ON THE SUBJECT OF BRUISES AND CUTS...


By Laura Litman

ON THE SUBJECT OF BRUISES AND CUTS...

When I was a child, unconscious and unashamed of society’s rules, I used to adore showing off my scabs or bruises or various assorted other boo boos. The attention, the fascination of scab tissue and bruises, it was all quite wonderful to behold. In time I learned to be ashamed of scars and bruises and scabs. I learned to desire flawless, smooth skin, free of pimples or marks of any kind, and believed that this was the ultimate achievement of feminine beauty. As society dictated, I worried about such things, and just as surely embraced stereotypical views of my role as a woman in a male society.

I entered the work force biased against my own gender, always ready to respect a male opinion even over my own, no matter how ridiculous. I also competed viciously with fellow sisters on the job, joining the cattiness of the ranks, the gossip and back stabbing and always, always feeling utterly inadequate as a woman crammed every day into pantyhose and dress shoes, makeup and concealer in a pathetic attempt to achieve that flawless feminine ideal. No matter how competent my work, I was usually judged on appearance first, performance second. In different venues and at different jobs, more often than not, appearance meant more than anything else, first and foremost.

At last I’d had enough and, guided by some bizarre instinct to pursue another concept of work, entered the trades and became a carpenter. This world was one of true performance, at least for those of us not related to the boss. Makeup and pantyhose was as far removed from my new world as airplanes are from cavemen. I began to develop muscles I’d only dreamed of, but for a price. It started with scrapes and the occasional odd mark or sore limb, but through the days, weeks and months, developed into full fledged, honest to God bruises, not to mention cuts or even the most horrible bane of feminine beauty, scabs.

Like a good girl, I at first attempted to hide these scabs and scars and marks by wearing long sleeve shirts for the evening. In warm weather I contemplated make-up for my arms. I almost cringed in public, afraid someone, anyone, would notice my scars and scabs and bruises, and would wonder about whichever horrid boyfriend or husband did that to me. Looking in the mirror, I would find myself ugly because of my lack of flawless, china like skin.

One day, as I contemplated how to hide my bruises before going out for the evening, I thought about the hard week I’d had to get them. I’d acquired these marks in what has been traditionally a man’s world of labor. Indeed, millions of women have suffered endlessly in "man’s world" for the last 10,000 years or so, and have sacrificed their bodies, minds, dreams and lives at the hands of so many men. And for the last 10,000 years, so many men have taken for granted and spit upon the sacrifices and sufferings of their mothers and sisters that their wives and daughters never had a chance.

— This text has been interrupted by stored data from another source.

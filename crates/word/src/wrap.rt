// Words as whole numbers modulo 2^64, by way of their bits in two's complement. This is the kernel's arithmetic; the sheet's is exact
// (exact.rt). Read specs/Wrap.antt first.
ghost use Rattle.std.specs.Prelude.{◌≡◌, ◌^◌, ◌<◌, ◌≤◌};
ghost use Rattle.word.specs.Wrap.{residue, signed, add_wrap, sub_wrap};

// Add of the kernel, which wraps.
pub fn add(a: i64, b: i64) -> i64
    ensures { result ≡ add_wrap a b }
{
    a.wrapping_add(b)
}

// Sub of the kernel, which wraps.
pub fn sub(a: i64, b: i64) -> i64
    ensures { result ≡ sub_wrap a b }
{
    a.wrapping_sub(b)
}

// A word's bits.
pub fn to_bits(word: i64) -> u64
    ensures { result ≡ residue 64 word }
{
    word.cast_unsigned()
}

// The number that so many bits stand for: the upper half are the negative ones.
#[tactic(auto, unfolding(crate::specs::Wrap::signed))]
pub(crate) fn complement(bits: u64, width: usize) -> i64
    requires { (0 < width) × (width ≤ 64) × (bits < 2 ^ width) }
    ensures { result ≡ signed width bits }
{
    let half = 1u64 << (width - 1);
    if bits < half {
        bits as i64
    } else {
        -1 - ((half - 1) - (bits - half)) as i64
    }
}
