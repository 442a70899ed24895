// Numbers read from text. Read specs/Numeral.antt first.
ghost use Rattle.std.specs.Prelude.{◌≡◌, ◌<◌, drop};
ghost use Rattle.word.specs.Exact.{exactly};
ghost use Rattle.word.specs.Numeral.{leading_digits, signed_by, decimal_at, capped_more, capped_digits, capped_decimal};

// A decimal number and the position after it: a word, or beyond the words; or that no number is there. Three answers, of which two have a
// position: an Option of an Option would not say which is which.
#[derive(Clone, Copy, PartialEq, Eq, Debug)]
pub enum Decimal {
    Is(i64, usize),
    Beyond(usize),
    Missing,
}

// The number that some digits are, as far as it is below 10^19, and the position after them.
#[derive(Clone, Copy)]
struct Digits {
    value: u64,
    next: usize,
}

// The decimal number at a position: all digits from there on, or from the next position on after a minus.
pub fn decimal_at(s: &[u8], at: usize) -> Decimal
    ensures { result ≡ decimal_at s.now at }
{
    if s.get(at) == Some(&b'-') {
        signed_digits(true, at + 1, leading(s, at + 1))
    } else {
        signed_digits(false, at, leading(s, at))
    }
}

// Digits from a position on, of which there may be none, as a number with its sign.
fn signed_digits(minus: bool, at: usize, digits: Digits) -> Decimal
    ensures { result ≡ capped_decimal minus at digits.value digits.next }
{
    if digits.next == at {
        return Decimal::Missing;
    }
    match signed(minus, digits.value) {
        Some(n) => Decimal::Is(n, digits.next),
        None => Decimal::Beyond(digits.next),
    }
}

// A number with its sign, where it is a word.
fn signed(minus: bool, size: u64) -> Option<i64>
    ensures { result ≡ exactly (signed_by minus size) }
{
    if minus {
        0i64.checked_sub_unsigned(size)
    } else {
        0i64.checked_add_unsigned(size)
    }
}

// The digits from a position on. A number of any length has its value here: from 10^19 on it is 10^19.
fn leading(s: &[u8], at: usize) -> Digits
    ensures { result ≡ capped_digits at (leading_digits (drop at s.now)) }
{
    let mut value: u64 = 0;
    // a `while`, since the position that it stops at is an answer too
    let mut next = at;
    while next < s.len() && s[next].is_ascii_digit() {
        value = more(value, s[next] as u64 - b'0' as u64);
        next += 1;
    }
    Digits { value, next }
}

// One digit more.
#[tactic(auto, unfolding(crate::specs::Numeral::capped_more))]
fn more(value: u64, digit: u64) -> u64
    requires { digit < 10 }
    ensures { result ≡ capped_more value digit }
{
    if value < 1_000_000_000_000_000_000 {
        value * 10 + digit
    } else {
        10_000_000_000_000_000_000
    }
}
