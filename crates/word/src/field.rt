// Fields of fixed width in a run of bytes: the operands on sheets, the numbers of a job. Read specs/Field.antt first.
ghost use Rattle.std.specs.Prelude.{◌≡◌, ℕ, ◌+◌, ◌<◌, ◌≤◌, length, take, drop, MatchOption};
ghost use Rattle.std.proofs.Common.{lit<, lit≤};
ghost use Rattle.word.specs.Digits.{value_of};
ghost use Rattle.word.specs.Field.{unsigned_at, signed_at, bytes_of};
ghost use Rattle.word.specs.Text.{put_answer, put_out};

use crate::part::{end, put_bytes};
use crate::wrap::complement;

// A number of so many bytes.
pub trait Width {
    const BYTES: usize;

    ghost BYTES: { ℕ };

    ghost in_a_word: { (0 < BYTES) × (BYTES ≤ 8) };
}

impl Width for u8 {
    const BYTES: usize = 1;

    ghost BYTES = { 1 };

    ghost in_a_word = { (lit< tt, lit≤ tt) };
}

impl Width for i16 {
    const BYTES: usize = 2;

    ghost BYTES = { 2 };

    ghost in_a_word = { (lit< tt, lit≤ tt) };
}

impl Width for i32 {
    const BYTES: usize = 4;

    ghost BYTES = { 4 };

    ghost in_a_word = { (lit< tt, lit≤ tt) };
}

impl Width for i64 {
    const BYTES: usize = 8;

    ghost BYTES = { 8 };

    ghost in_a_word = { (lit< tt, lit≤ tt) };
}

// A signed number of so many bytes, low byte first, at an offset; where the bytes end before it, it is cut.
pub fn signed_at<W: Width>(s: &[u8], at: usize) -> Option<i64>
    ensures { result ≡ signed_at W.BYTES s.now at }
{
    let field = field_at(s, at, W::BYTES)?;
    Some(complement(bits(field), 8 * W::BYTES))
}

// An unsigned number of four bytes.
pub fn u32_at(s: &[u8], at: usize) -> Option<i64>
    ensures { result ≡ unsigned_at 4 s.now at }
{
    let field = field_at(s, at, 4)?;
    Some(bits(field) as i64)
}

// The bytes of a field, unless it is cut.
fn field_at(s: &[u8], at: usize, width: usize) -> Option<&[u8]>
    ensures { MatchOption result (length s.now < at + width) (λ field. (at + width ≤ length s.now) × (field.now ≡ take width (drop at s.now))) }
{
    let next = end(s.len(), at, width)?;
    Some(&s[at..next])
}

// The little-endian number in some bytes: the highest byte is the last.
fn bits(field: &[u8]) -> u64
    requires { length field.now ≤ 8 }
    ensures { result ≡ value_of 256 field.now }
{
    let mut number: u64 = 0;
    for i in (0..field.len()).rev() {
        number = number * 256 + field[i] as u64;
    }
    number
}

// Writes a number as so many bytes, low byte first, if there is room; a number that they do not hold is cut to its lowest bits.
pub fn put<W: Width>(number: i64, out: &mut [u8], at: usize) -> Option<usize>
    ensures answer { result ≡ put_answer at (bytes_of W.BYTES number) out.old }
    ensures written { out.new ≡ put_out at (bytes_of W.BYTES number) out.old }
{
    put_bytes(&number.to_le_bytes()[..W::BYTES], out, at)
}
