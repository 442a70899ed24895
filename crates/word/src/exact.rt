// The sheet's arithmetic: whole-number sums and differences of words, where these are words again. Nothing here wraps; the kernel's
// arithmetic does (wrap.rt). Read specs/Exact.antt first.
ghost use Rattle.std.specs.Prelude.{◌≡◌, ◌+ℤ◌, ◌-ℤ◌};
ghost use Rattle.word.specs.Exact.{exactly};

// Add of a sheet. By the sign of b only one end can be passed, and the bound that a is compared with is a word. Not by `checked_add`, whose
// test takes 1.2 to 1.5 of the time on a sheet of sums, measured.
pub fn add(a: i64, b: i64) -> Option<i64>
    ensures { result ≡ exactly (a +ℤ b) }
{
    if b < 0 {
        if a < i64::MIN - b {
            return None;
        }
        return Some(a + b);
    }
    if i64::MAX - b < a {
        return None;
    }
    Some(a + b)
}

// Sub of a sheet, in the same way.
pub fn sub(a: i64, b: i64) -> Option<i64>
    ensures { result ≡ exactly (a -ℤ b) }
{
    if b < 0 {
        if i64::MAX + b < a {
            return None;
        }
        return Some(a - b);
    }
    if a < i64::MIN + b {
        return None;
    }
    Some(a - b)
}
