// The differences of green and a colour at red and blue sites: the final one, and that of the other colour.
#![tactic(auto)]

ghost use Rattle.std.specs.Prelude.{◌≡◌, List, ℕ, ◌+◌, ◌-◌, ◌<◌, ◌≤◌, pos, length, get_or};
ghost use Rattle.toolkit.specs.Entries.{Entries};
ghost use Rattle.toolkit.specs.Writes.{Wrote};
ghost use Rattle.frame.specs.Sites.{frame};
ghost use Rattle.method.specs.Settings.{fusion_share};
ghost use Rattle.method.specs.Planes.{fused};
ghost use Rattle.positions.specs.Taken.{SomeSamples};
ghost use Rattle.records.specs.Stages.{EnhanceReads, EnhanceStores, DiagonalReads, DiagonalStores};
ghost use Rattle.differences.specs.Rows.{straight_read, corners_read, straight_mean_read, corner_mean_read, ValuesFit};
ghost use Rattle.half_rows.specs.Sources.{Sized};

use half_rows::{Scratch, SiteGradients};
use positions::{DIAGONAL_OFF, ENHANCE_OFF, Halves, Row};

// The half rows of both stages stand in scratch, N of the row in north. enhance_line has D of the row in own and M in other; diagonal_line has
// the final differences of the row above in own, those of the row below in other, and the means of their corners in trials.across.

// M of entry k.
fn straight_mean(
    gradients: SiteGradients<'_>,
    l: &[i32; 2064],
    green: &[i32],
    below: usize,
    above: usize,
    k: usize,
) -> i32
    requires k_lt_count { (k < gradients.count) × (below + gradients.count ≤ length green.now) × (above + gradients.count ≤ length green.now) }
    requires values_fit { ValuesFit 8184 gradients.count (straight_read l.now green.now below above) }
    ensures { result ≡ straight_mean_read gradients.entry.work.now gradients.entry.east gradients.entry.south gradients.entry.north.now
        l.now green.now below above k }
{
    let v = means::values(l[k + 5], l[k + 3], green[below + k], green[above + k]);
    means::lifted_mean(v, gradients.weights(k), 8192) as i32
}

// The means of count sites of a half row, of which mean forms that of site k.
fn means_row<F: Fn(usize) -> i32>(mean: F, count: usize, m: &mut [i32; 2064])
    requires few { count ≤ 2048 }
    requires may_form { (k : ℕ) → k < count → F.pre mean k }
    ensures { (k : ℕ) → k < count → F.post mean k (get_or m.new (k + 4) (pos 0)) }
{
    for k in 0..count {
        m[k + 4] = mean(k);
    }
}

// The final differences of a row, from D and M.
fn fuse_row(l: &[i32; 2064], m: &[i32; 2064], count: usize, work: &mut [i32], at: usize)
    requires count_bound { (count ≤ 2048) × (at + count ≤ length work.old) }
    requires sized { (Sized 8192 4 (count + 4) l.now) × (Sized 8192 4 (count + 4) m.now) }
    ensures { Wrote (pos 0) at count
        (λ (k : ℕ). fused fusion_share (get_or l.now (k + 4) (pos 0)) (get_or m.now (k + 4) (pos 0)))
        work.old work.new }
{
    for k in 0..count {
        work[at + k] = site_values::fuse(l[k + 4], m[k + 4]);
    }
}

// The mean of the corners of entry k.
fn corner_mean(
    gradients: SiteGradients<'_>,
    up: &[i32; 2064],
    down: &[i32; 2064],
    c: usize,
    k: usize,
) -> i32
    requires k_lt_count { (k < gradients.count) × (c ≤ 1) }
    requires values_fit { ValuesFit 4092 gradients.count (corners_read up.now down.now c) }
    ensures { result ≡ corner_mean_read gradients.entry.work.now gradients.entry.east gradients.entry.south gradients.entry.north.now
        up.now down.now c k }
{
    let v = means::values(
        up[k + c + 4],
        up[k + c + 3],
        down[k + c + 4],
        down[k + c + 3],
    );
    let g = site_values::diagonal(gradients.weights(k));
    means::lifted_mean(v, g, 4096) as i32
}

// The final differences of a row, to its record. They are read for sites at most 2 rows away.
pub fn enhance_line(
    row: Row,
    tops: &[i32; 8224],
    green: &[i32],
    work: &mut [i32],
    scratch: &mut Scratch,
)
    requires some_samples { SomeSamples (λ (zs : List ℕ). EnhanceReads (frame row.shape zs) row.index row.base tops.now work.old green.now) }
    ensures enhance_stores { EnhanceStores row.shape row.index row.base tops.now green.now work.old work.new }
{
    let w = row.shape.width;
    let h = row.shape.height;
    let i = row.index;
    let Halves { start, count, .. } = Halves::of(row.shape, i);
    let below = positions::row_below::<ENHANCE_OFF>(h, i, 2) * w;
    let above = positions::row_above::<ENHANCE_OFF>(h, i, 2) * w;
    let n = &mut scratch.north;
    let l = &mut scratch.own;
    let m = &mut scratch.other;
    half_rows::north(tops, work, row, 0, count, n);
    half_rows::copy(green, i * w, count, l);
    half_rows::mirror(l, w, start, 1);
    let gradients = SiteGradients {
        work,
        east: records::record_at(row),
        south: records::south_at(row),
        north: n,
        count,
    };
    means_row(
        |k| straight_mean(gradients, l, green, below, above, k),
        count,
        m,
    );
    fuse_row(l, m, count, work, records::final_at(row));
}

// The differences of the other colour of a row, to its record. They are read for sites at most 1 row away.
pub fn diagonal_line(row: Row, tops: &[i32; 8224], work: &mut [i32], scratch: &mut Scratch)
    requires some_samples { SomeSamples (λ (zs : List ℕ). DiagonalReads (frame row.shape zs) row.index row.base tops.now work.old) }
    ensures diagonal_stores { DiagonalStores row.shape row.index row.base tops.now work.old work.new }
{
    let w = row.shape.width;
    let h = row.shape.height;
    let i = row.index;
    let Halves { start, count, rest } = Halves::of(row.shape, i);
    let above = records::final_at(row.at(positions::row_above::<DIAGONAL_OFF>(h, i, 1)));
    let below = records::final_at(row.at(positions::row_below::<DIAGONAL_OFF>(h, i, 1)));
    let n = &mut scratch.north;
    let up = &mut scratch.own;
    let down = &mut scratch.other;
    let m = &mut scratch.trials.across;
    half_rows::north(tops, work, row, 0, count, n);
    half_rows::copy(work, above, rest, up);
    half_rows::copy(work, below, rest, down);
    half_rows::mirror(up, w, 1 - start, 1);
    half_rows::mirror(down, w, 1 - start, 1);
    let gradients = SiteGradients {
        work,
        east: records::record_at(row),
        south: records::south_at(row),
        north: n,
        count,
    };
    means_row(|k| corner_mean(gradients, up, down, start, k), count, m);
    half_rows::store(m, count, work, records::other_at(row));
}
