ghost use Rattle.engine.specs.Model.{model_of};
ghost use Rattle.law.specs.Rehearsals.{Rehearses};

use crate::theorem::every_run_is_lawful;
use cipher::{Cipher, TailRule};
use engine::{Engine, EngineFault};
use shelf::Shelf;

/// What each call of a rehearsal answered: packets changed, and packets passed.
#[derive(Clone, Copy)]
pub struct Rehearsal {
    pub scrambled: (usize, usize),
    pub descrambled: (usize, usize),
}

/// Scrambles a batch at one engine and, if that is accepted, descrambles it at the other, each with a key area of its own.
/// By the law of every run, a packet that the first changed comes back if the second has its PID joined with the same word.
pub fn rehearse<C: Cipher, T: TailRule, S: Shelf, R: Cipher, U: TailRule, V: Shelf>(
    one: &Engine<C, T, S>,
    two: &Engine<R, U, V>,
    area: &mut [u8],
    other_area: &mut [u8],
    batch: &mut [u8],
) -> Result<Rehearsal, EngineFault>
    ensures { Rehearses (model_of C.Cipher T.TailRule S.Shelf) (model_of R.Cipher U.TailRule V.Shelf) one.now two.now area.old other_area.old batch.old result area.new other_area.new batch.new }
{
    every_run_is_lawful::<C, T, S, R, U, V>();
    let scrambled = one.scramble(area, batch)?;
    let descrambled = two.descramble(other_area, batch)?;
    Ok(Rehearsal {
        scrambled,
        descrambled,
    })
}
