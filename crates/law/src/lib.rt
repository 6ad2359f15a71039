// The law of every run of the engine's calls, and a call that uses it.
#![tactic(auto)]

mod rehearsal;
mod theorem;

pub use rehearsal::{Rehearsal, rehearse};
pub use theorem::every_run_is_lawful;
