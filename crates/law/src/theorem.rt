ghost use Rattle.engine.specs.Model.{model_of};
ghost use Rattle.law.specs.Law.{Law};

use cipher::{Cipher, TailRule};
use shelf::Shelf;

/// States, as its contract, the law of every run, over every cipher, tail rule and shelf: after any list of the eight
/// calls, an engine holds the words, has the services open and takes the loads that its accepted calls say, and what it
/// scrambles an engine that is alike restores.
pub fn every_run_is_lawful<C: Cipher, T: TailRule, S: Shelf, R: Cipher, U: TailRule, V: Shelf>()
    ensures { Law (model_of C.Cipher T.TailRule S.Shelf) (model_of R.Cipher U.TailRule V.Shelf) }
{}
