// The block of an image with a sound table: its bodies, then its loads.
ghost use Rattle.std.specs.Prelude.{◌≡◌, true, cond, ◌+◌, ◌-◌, ◌≤◌, length};
ghost use Rattle.rules.specs.Sizes.{most_boxes, most_number};
ghost use Rattle.print.specs.Text.{Wrote};
ghost use Rattle.found.specs.Found.{is_kept, box_found, mail_found};
ghost use Rattle.salvage.specs.Table.{sound, box_body_of, mail_body_of};
ghost use Rattle.salvage.specs.Loads.{loads_text};
ghost use Rattle.salvage.specs.Tally.{flagged};
ghost use Rattle.salvage.specs.Block.{mail_line, kept_text, most_text};
ghost use Rattle.salvage.specs.Put.{
  Sound,
  BoxesPut,
  MailAsked,
  BodiesAsked,
  BodiesPut,
  LoadsFit,
  most_lines,
};

use crate::loads::PAST;
use crate::table::body;
use crate::{loads, table, text};
use found::Spot;

// 1 where a body is kept.
fn flag(f: Result<(), Spot>) -> u64
    ensures { result ≡ cond (is_kept f) 1 0 }
{
    match f {
        Ok(_) => 1,
        Err(_) => 0,
    }
}

// What box b is.
fn look(image: &[u8], n: u32, j: u32, b: u32) -> Result<(), Spot>
    requires { Sound image.now n × (1 ≤ b) × (b ≤ n) }
    ensures { result ≡ box_found n j b (box_body_of image.now b) }
{
    found::box_found(body(image, b + 1), n, j, b)
}

// A line for each box; which of them are readable goes into kept.
fn put_boxes(image: &[u8], n: u32, j: u32, kept: &mut [u64], out: &mut [u8], at: usize) -> usize
    requires sound { Sound image.now n × (length kept.old ≡ most_boxes) }
    requires at_in_bounds { at + 960 ≤ length out.old }
    ensures { BoxesPut image.now n j kept.new out.old out.new
        at result }
{
    let mut p = at;
    for i in 0..n {
        let f = look(image, n, j, i + 1);
        kept[i as usize] = flag(f);
        p = text::put_box(out, p, i as u64 + 1, f);
    }
    p
}

// The mail, body `count`.
fn put_mail(image: &[u8], count: usize, j: u32, l: u64, out: &mut [u8], at: usize) -> usize
    requires { MailAsked image.now count j l out.old at }
    ensures { Wrote 160 out.old out.new at result
        (mail_line count (mail_found (count - 2) j l (mail_body_of image.now))) }
{
    let n = (count - 2) as u32;
    let f = found::mail_found(body(image, count as u32), n, j, l);
    text::put_mails(out, at, words::word(count), f)
}

// The lines of all bodies; which boxes are readable goes into kept.
fn put_bodies(image: &[u8], count: usize, kept: &mut [u64], out: &mut [u8]) -> usize
    requires { BodiesAsked image.now count kept.old out.old }
    ensures { BodiesPut image.now kept.new out.old out.new
        result }
{
    let n = (count - 2) as u32;
    let general = body(image, 1);
    let j = found::loads_of(general, n);
    let l = found::mails_of(general, n);
    let p = text::put_general(out, 0, found::general_found(general, n));
    let p = put_boxes(image, n, j, kept, out, p);
    put_mail(image, count, j, l, out, p)
}

// A line for each number that a readable box keeps as agreed.
fn put_loads(image: &[u8], n: usize, kept: &[u64], out: &mut [u8], at: usize) -> usize
    requires loads_fit { LoadsFit image.now n kept.now }
    requires most_lines_in_bounds { at + (most_lines + 100) ≤ length out.old }
    ensures { Wrote most_lines out.old out.new at result
        (loads_text (flagged kept.now) image.now n most_number 1) }
{
    let mut p = at;
    // No `for`: the next k is the one behind the number that was found.
    let mut k: u64 = 1;
    while k < PAST {
        let q = loads::next_number(image, kept, n, k);
        if PAST <= q {
            return p;
        }
        let t = loads::kept_by(image, kept, n, q);
        p = text::put_load(out, p, q, t);
        k = q + 1;
    }
    p
}

// The whole block.
pub(crate) fn put_block(image: &[u8], out: &mut [u8]) -> usize
    requires { (sound image.now ≡ true) × (most_text ≤ length out.old) }
    ensures { Wrote most_text out.old out.new 0 result
        (kept_text image.now) }
{
    let count = table::count_of(image);
    let mut kept = [0u64; 5];
    let p = put_bodies(image, count, &mut kept, out);
    let p = put_loads(image, count - 2, &kept, out, p);
    print::put_bytes(out, p, b".\n")
}
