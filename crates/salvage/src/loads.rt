// The load list: what readable boxes keep as agreed for a number, and the next number that one of
// them may keep. Word b − 1 of `kept` is 1 where box b is readable.
ghost use Rattle.std.specs.Prelude.{◌≡◌, true, ◌+◌, ◌≤◌, ◌<◌, length};
ghost use Rattle.rules.specs.Sizes.{most_boxes, most_number};
ghost use Rattle.salvage.specs.Table.{sound, boxes_in};
ghost use Rattle.salvage.specs.Loads.{kept_in, kept_by};
ghost use Rattle.salvage.specs.Tally.{
  flagged,
  none_yet,
  added,
  tallied,
  SkipsIn,
  SkipsAll,
};

use crate::table::body;
use found::{number_at, word_at};
use words::size;

// One past the largest load number.
pub const PAST: u64 = 1000000001;

// Of the boxes seen so far: the record that the first of them keeps, how many keep one, and whether
// two differ. No Option for the record: the count, which is told too, says if there is one.
#[derive(Clone, Copy)]
pub struct Tally {
    pub value: u64,
    pub many: u64,
    pub differs: bool,
}

// The record that a box of n keeps as agreed for number k; 0 where it keeps none.
fn kept_in(readable: bool, n: usize, body: &[u8], k: u64) -> u64
    requires { (n ≤ most_boxes) × (k ≤ most_number) }
    ensures { result ≡ kept_in readable n body.now k }
{
    let first = number_at(body, 4 * row::FIRST);
    let last = number_at(body, 4 * row::LAST);
    if !readable {
        return 0;
    }
    if k < first {
        return 0;
    }
    if last < k {
        return 0;
    }
    word_at(body, image::box_head_bytes(n) + 8 * size(k - first), 8)
}

// One box more, which keeps r, or 0.
fn add(t: Tally, r: u64) -> Tally
    requires { t.many < most_boxes }
    ensures value { result ≡ added t r }
    ensures many_bound { result.many ≤ t.many + 1 }
{
    if r == 0 {
        return t;
    }
    if t.many == 0 {
        return Tally {
            value: r,
            many: 1,
            differs: false,
        };
    }
    Tally {
        value: t.value,
        many: t.many + 1,
        differs: t.differs | !(t.value == r),
    }
}

// What the boxes keep for number k.
pub(crate) fn kept_by(image: &[u8], kept: &[u64], n: usize, k: u64) -> Tally
    requires image_value { (sound image.now ≡ true) × (n ≡ boxes_in image.now) }
    requires n_le_most_boxes { (n ≤ most_boxes) × (length kept.now ≡ most_boxes)
        × (k ≤ most_number) }
    ensures value { result ≡ tallied none_yet (kept_by (flagged kept.now) image.now n k) }
    ensures many_le_most_boxes { result.many ≤ most_boxes }
{
    let mut t = Tally {
        value: 0,
        many: 0,
        differs: false,
    };
    for i in 0..n {
        let r = kept_in(kept[i] == 1, n, body(image, (i + 2) as u32), k);
        t = add(t, r);
    }
    t
}

// The first number from k on that a box may keep.
fn next_in(readable: bool, body: &[u8], k: u64) -> u64
    requires { k ≤ most_number + 1 }
    ensures { SkipsIn readable body.now k result }
{
    let first = number_at(body, 4 * row::FIRST);
    let last = number_at(body, 4 * row::LAST);
    if !readable {
        return PAST;
    }
    if last < k {
        return PAST;
    }
    if k < first {
        return first;
    }
    k
}

// The first number from k on that one of the boxes may keep.
pub(crate) fn next_number(image: &[u8], kept: &[u64], n: usize, k: u64) -> u64
    requires image_value { (sound image.now ≡ true) × (n ≡ boxes_in image.now) }
    requires n_le_most_boxes { (n ≤ most_boxes) × (length kept.now ≡ most_boxes)
        × (k ≤ most_number) }
    ensures skips_all { SkipsAll (flagged kept.now) image.now n k result }
    ensures upper_bound { result ≤ most_number + 1 }
{
    let mut m = PAST;
    for i in 0..n {
        let q = next_in(kept[i] == 1, body(image, (i + 2) as u32), k);
        m = m.min(q);
    }
    m
}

It occurred to me that thousands, even millions of women had suffered throughout time, fighting for an equal footing in all aspects of existence, sending their hope to future generations, and I’d really lucked out to be born in an age when I could nonchalantly take a chance and apply for the job of apprentice carpenter. Here I was worrying about my skin, as if this was truly the most important part of being a woman in our 21st century. Women today are insisting on making themselves heard and known in every field of endeavor, even though we’re still paid 71 cents on the dollar compared to men, still have our reproductive and sexual rights constantly threatened and in certain continents can still be bought and sold by men.

I was deeply ashamed for my lack of integrity and strength in the face of fashion magazines. The best part of me conjured up images of slave women throughout time, raped, beaten and trapped into their existence, but capable of loving their children enough to survive for them and capable of hammering, sawing, cutting, trapping, WORKING as hard as any man ever in the history of creation, and for longer hours to boot.

In that moment, it occurred to me that these bruises, these scabs and scars on my arms, shoulders, and legs were nothing more than the product of hard physical labor that I had managed to perform to the best of my ability and gotten paid for at the same rate as any man. Never mind the fact that these bruises made me less desirable for a certain segment of the male population.

I decided to view my scabs and bruises in a different light. I decided that they were not things to be ashamed of, but rather badges of honor, however bizarre to mainstream America, that I would from here on out wear with pride. I ran out of the house and bought a halter top, to show off every part of my upper limbs that I could.

Now a big, knowing smile takes over my face whenever I notice people noticing my arms. Sometimes, they shake their heads and walk away, ashamed for me, or embarrassed by me or just plain bothered. But sometimes they come up to me, and ask me where I got those bruises, their faces ready to cringe, and then I tell them, I got them on the clock, at the job, on the site, whilst earning my pay in what used to be a man’s world, as I tell them that I am a carpenter. Then I smile and look into their eyes, and present no fear, only self-satisfaction and gratitude to all those who came before me, and hope I please my foremothers with my response.

I am a fat, single carpenter living in Chicago, currently recovering from back surgery. When I am not writing, I am reading or beading.